Instructions for the task
An exact transcription is needed, starting with the line that contains "use reader::carry;" and ending with the last line of the records.
Records for processing section start
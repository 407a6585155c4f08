// A LAG that is added to ETG moves no bound: the rule that had LAG in U, on the words as they are entered, and today's rule, on the plan that
// is meant by them, give the same answers and the same refusals, but for 11.
//
// There is no function here and nothing is assumed. The older rule is written out in the documents' letters, so that it can be held against
// today's line by line. This crate must not know of lent memory.
#![tactic(auto)]
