// What the desk is shown of a plan file: its listing, how long the searches of its streams may take, whether it is fine, or the file again;
// of a refused one the line of its refusal.
//
// Every public function answers for any bytes, and its contract fixes each byte of the lent buffer. Nothing is assumed.
// This crate joins the reader, the answers, the rewriter and the texts; it must not know of input and output.
#![tactic(auto)]

ghost use Rattle.std.specs.Prelude.{◌≡◌, ◌+◌, length, replicate};
ghost use Rattle.carried.specs.Layout as layout;
ghost use Rattle.ascii.specs.Ascii.{ascii};
ghost use Rattle.text.specs.Claims.{most};
ghost use Rattle.text.specs.Put.{Puts};
ghost use Rattle.desk.specs.Desk.{shown, shown_waits, shown_refusal, shown_file};

use answers::{Answer, Wait, answer_values};
use carried::{CARRIED, CONTENTS, WORD};
use names::STREAMS;
use reader::read;
use rewriter::rewrite;
use row_words::{WORDS_PER_ROW, WORDS_PER_WAIT};
use text::{Words, listing, put, refused};
use wait_lines::waits;

// The number of the refusal that a file is written by where its bytes have no room.
const NO_ROOM: u32 = 6;

// One byte more than the largest file has, so that a longer one is seen to be too long.
const FILE: usize = WORD * (CONTENTS + CARRIED) + 1;

// The words of the header, and what each column of a row has at most, with what parts and ends them; a bound and an instance have
// 10 digits at most.
const HEADER: usize = 5 + 1 + 8 + 1 + 5 + 1 + 8 + 1 + 8 + 1 + 7 + 1;

const ROW: usize = 11 + 1 + 10 + 1 + 10 + 1 + 10 + 1 + 10 + 1 + 6 + 1;

const LISTED: usize = HEADER + STREAMS * ROW;

// Zeros, for a program to read a file into.
pub fn file_buffer() -> [u8; FILE]
    ensures value { result ≡ replicate (layout.largest_file + 1) 0 }
    ensures largest_file_value { layout.largest_file + 1 ≡ length result }
{
    [0; FILE]
}

// Zeros, for a program to have a listing in, or the waits, however large the plan and its numbers (ListingFits and WaitsFit, in specs/Desk.antt).
pub fn listing_buffer() -> [u8; LISTED]
    ensures value { result ≡ replicate (most 10) 0 }
    ensures most_value { most 10 ≡ length result }
{
    [0; LISTED]
}

// The listing of a file's plan, at the start of the buffer; the rest of it stays. This and the next two each match what is read: one function
// that takes what to show of a sheet as a closure is no plainer, since it needs the text of every sheet as a ghost value.
pub fn show(bytes: &[u8], out: &mut [u8]) -> Option<usize>
    ensures { Puts out.old 0 (shown bytes.now) result out.new }
{
    match read(bytes) {
        Err(r) => refused(r, out),
        Ok(sheet) => {
            let mut answers = [0; WORDS_PER_ROW * STREAMS];
            // A plan that is read is fine, so it is answered.
            let _ = answer_values::<Answer>(sheet, &mut answers);
            listing(sheet, &answers, out)
        }
    }
}

// How many evaluations the search for each stream's L takes, and how many at most, at the start of the buffer; the rest of it stays.
pub fn show_waits(bytes: &[u8], out: &mut [u8]) -> Option<usize>
    ensures { Puts out.old 0 (shown_waits bytes.now) result out.new }
{
    match read(bytes) {
        Err(r) => refused(r, out),
        Ok(sheet) => {
            let mut words = [0; WORDS_PER_WAIT * STREAMS];
            let _ = answer_values::<Wait>(sheet, &mut words);
            waits(sheet, &words, out)
        }
    }
}

fn fine(out: &mut [u8]) -> Option<usize>
    ensures { Puts out.old 0 (ascii "fine\n") result out.new }
{
    put(out, &Words(b"fine\n"))
}

// Whether a file is fine, at the start of the buffer.
pub fn show_refusal(bytes: &[u8], out: &mut [u8]) -> Option<usize>
    ensures { Puts out.old 0 (shown_refusal bytes.now) result out.new }
{
    match read(bytes) {
        Err(r) => refused(r, out),
        Ok(_) => fine(out),
    }
}

// A file's plan written again, at the start of the buffer. Room is looked for after all else, so where that is missing the plan is fine.
pub fn show_file(bytes: &[u8], out: &mut [u8]) -> Option<usize>
    ensures { Puts out.old 0 (shown_file bytes.now) result out.new }
{
    match rewrite(bytes, out) {
        Ok(n) => Some(n),
        Err(r) => {
            if r.number == NO_ROOM {
                return None;
            }
            refused(r, out)
        }
    }
}
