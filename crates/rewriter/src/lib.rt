// A plan file read and its plan written again, into lent bytes.
//
// The one public function answers for any bytes, and its contract fixes each byte of the lent ones. Nothing is assumed. This crate
// joins the reader and the writer, which know nothing of each other; it makes no check of its own, and must not know of text.
#![tactic(auto)]

ghost use Rattle.std.specs.Prelude.{◌≡◌};
ghost use Rattle.rewriter.specs.Rewriter.{rewrite_of};

use carried::CARRIED;
use names::Refusal;
use reader::carry;
use writer::write_words;

// The plan in a file, written into lent bytes: its file of edition 3. The words that are carried are written as they stand, so that no sheet
// is made.
pub fn rewrite(file: &[u8], out: &mut [u8]) -> Result<usize, Refusal>
    ensures value { result ≡ (rewrite_of file.now out.old).0 }
    ensures out_after { out.new ≡ (rewrite_of file.now out.old).1 }
{
    let mut words = [0; CARRIED];
    let counts = carry(file, &mut words)?;
    write_words(counts, &words, out)
}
Records for processing section end
Answer space
use reader::carry;
use writer::write_words;

// The plan in a file, written into lent bytes: its file of edition 3. The words that are carried are written as they stand, so that no sheet
// is made.
pub fn rewrite(file: &[u8], out: &mut [u8]) -> Result<usize, Refusal>
    ensures value { result ≡ (rewrite_of file.now out.old).0 }
    ensures out_after { out.new ≡ (rewrite_of file.now out.old).1 }
{
    let mut words = [0; CARRIED];
    let counts = carry(file, &mut words)?;
    write_words(counts, &words, out)
}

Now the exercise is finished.